Would anyone have any ideas as to why this might happen, especially with such similar datasets producing completely different training results? I’m aware that using videos where the team prop is closer might help TensorFlow detect it, but I figured that we could get away with just a few static positions and randomized rotations, since the robot only needs to detect it once from a static starting location. And this method worked for the blue prop, so I’m confused about why it might not work for the red prop.
I took a look at your team’s workspace within ftc-ml, and the issue I think you’re running into is that your object(s) are not dissimilar enough to the training engine. What you’ve got is:
- You have an object in color BLUE and in color RED that is about 100 pixels wide by 100 pixels tall in a 720p image. When that gets scaled down to 300x300 for the model, that object is about 30 pixels by 40 pixels. While it might initially make sense to capture the objects the exact distance from the camera that it will be in real life, what you want to provide the model is AS MUCH INFORMATION AS YOU CAN, and the model will then “learn” the object, and it will then be able to recognize it (as much as it can) far away. For the model, that’s the first handicap.
- Your objects have terrible lighting. Even though that might be realistic with the way the model will be in real life, the model itself cannot differentiate any recognizable patterns from the object. So all it really has is the outline of the shape to go on.
- TensorFlow Object Detection does not care about colors. Like, at all. Unless the color is a pattern in itself (like a zebra to differentiate a horse from a zebra) TensorFlow doesn’t care. At all. A brown horse, a black horse, a white horse, are all just horses to TensorFlow. TensorFlow is looking for patterns, not overall object qualities.
- You have WAAAAY too many repeating images. You have individual “still” videos at 30fps for literally a single object orientation - that means you’re training the model on ~70’ish of the exact same image, no variation. That creates a dataset that is extremely too homogenous, which is very bad for training. Essentially what’s happening is that you’re getting the exact same training images as test images in most cases, so the model has an extremely hard time learning because the VAST MAJORITY of the images have way too much “confirmation bias” - the model looks at an image, and makes a decision (like “assume all objects of this type have a
blah”). The next test image is the exact same image it just trained with, so of course it says "oh, hey, my decision must be right because that has a
blah too. And so on for the next couple images. Then it sees a new image, and says “wait, I’m confused now, what happened to my
blah”? Oh, I must need to retrain completely. It takes too many passes through the dataset to “settle” on what parameters to use, and each pass it keeps getting more and more confused.
- Because of (1), (2), (3), and (4) your red and blue objects are essentially THE EXACT SAME OBJECT. So now you’re showing two different “objects”, but they look exactly the same. The model is now getting confused because you’re saying “This is a RED” but then the next image says “this is a BLUE” but the model is saying “wait, that was the same object, what’s going on here? I cannot tell the difference.”
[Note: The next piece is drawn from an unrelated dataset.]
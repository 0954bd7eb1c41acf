//! Laws of what holdings show: it is a database, and a statement can't tell it from the databases for
//! which the holdings stand. Each law is the contract of a function that does nothing.
#![tactic(auto)]

pub mod laws;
So the model worked fine for one object because it didn’t have much to compare to, single objects are generally easier to train anyway. But now you have more than one object with conflicting data - extremely small objects with very little discernable patterns that have nearly the exact same shape. The model cannot seem to figure out how to distinguish the two.
My honest recommendations would be:
- Use a different shaped object for RED and BLUE (or, just label them BOTH as a single label, and just say “this is my object, dude, it can be either red or blue who cares?”).
- Make your videos pan around the object to show more than one frame of reference.
- Get way closer, keep the object in at LEAST 50% of the frame.
- Use a free online tool to decimate your videos (change the fps to like 2 or 3 for still videos).
If you have any more questions, please don’t hesitate to ask!